● **WHAT THIS TASK INVOLVES**
Character for character, reproduce every entry below.

(Stored data)
%%
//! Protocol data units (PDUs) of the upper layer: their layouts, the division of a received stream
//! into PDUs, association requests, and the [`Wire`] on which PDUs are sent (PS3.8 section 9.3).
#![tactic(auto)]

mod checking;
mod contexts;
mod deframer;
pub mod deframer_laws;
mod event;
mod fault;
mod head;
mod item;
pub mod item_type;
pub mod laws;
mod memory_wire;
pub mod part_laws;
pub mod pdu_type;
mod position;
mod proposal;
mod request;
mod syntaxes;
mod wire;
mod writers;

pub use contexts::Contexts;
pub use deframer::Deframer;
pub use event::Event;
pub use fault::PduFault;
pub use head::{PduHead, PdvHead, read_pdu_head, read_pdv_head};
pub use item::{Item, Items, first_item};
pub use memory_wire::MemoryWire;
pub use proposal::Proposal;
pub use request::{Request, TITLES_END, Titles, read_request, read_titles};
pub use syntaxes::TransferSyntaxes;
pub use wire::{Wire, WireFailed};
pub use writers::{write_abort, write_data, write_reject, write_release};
%%
● **ANSWER BOX**
//! Protocol data units (PDUs) of the upper layer: their layouts, the division of a received stream
//! into PDUs, association requests, and the [`Wire`] on which PDUs are sent (PS3.8 section 9.3).
#![tactic(auto)]

mod checking;
mod contexts;
mod deframer;
pub mod deframer_laws;
mod event;
mod fault;
mod head;
mod item;
pub mod item_type;
pub mod laws;
mod memory_wire;
pub mod part_laws;
pub mod pdu_type;
mod position;
mod proposal;
mod request;
mod syntaxes;
mod wire;
mod writers;

pub use contexts::Contexts;
pub use deframer::Deframer;
pub use event::Event;
pub use fault::PduFault;
pub use head::{PduHead, PdvHead, read_pdu_head, read_pdv_head};
pub use item::{Item, Items, first_item};
pub use memory_wire::MemoryWire;
pub use proposal::Proposal;
pub use request::{Request, TITLES_END, Titles, read_request, read_titles};
pub use syntaxes::TransferSyntaxes;
pub use wire::{Wire, WireFailed};
pub use writers::{write_abort, write_data, write_reject, write_release};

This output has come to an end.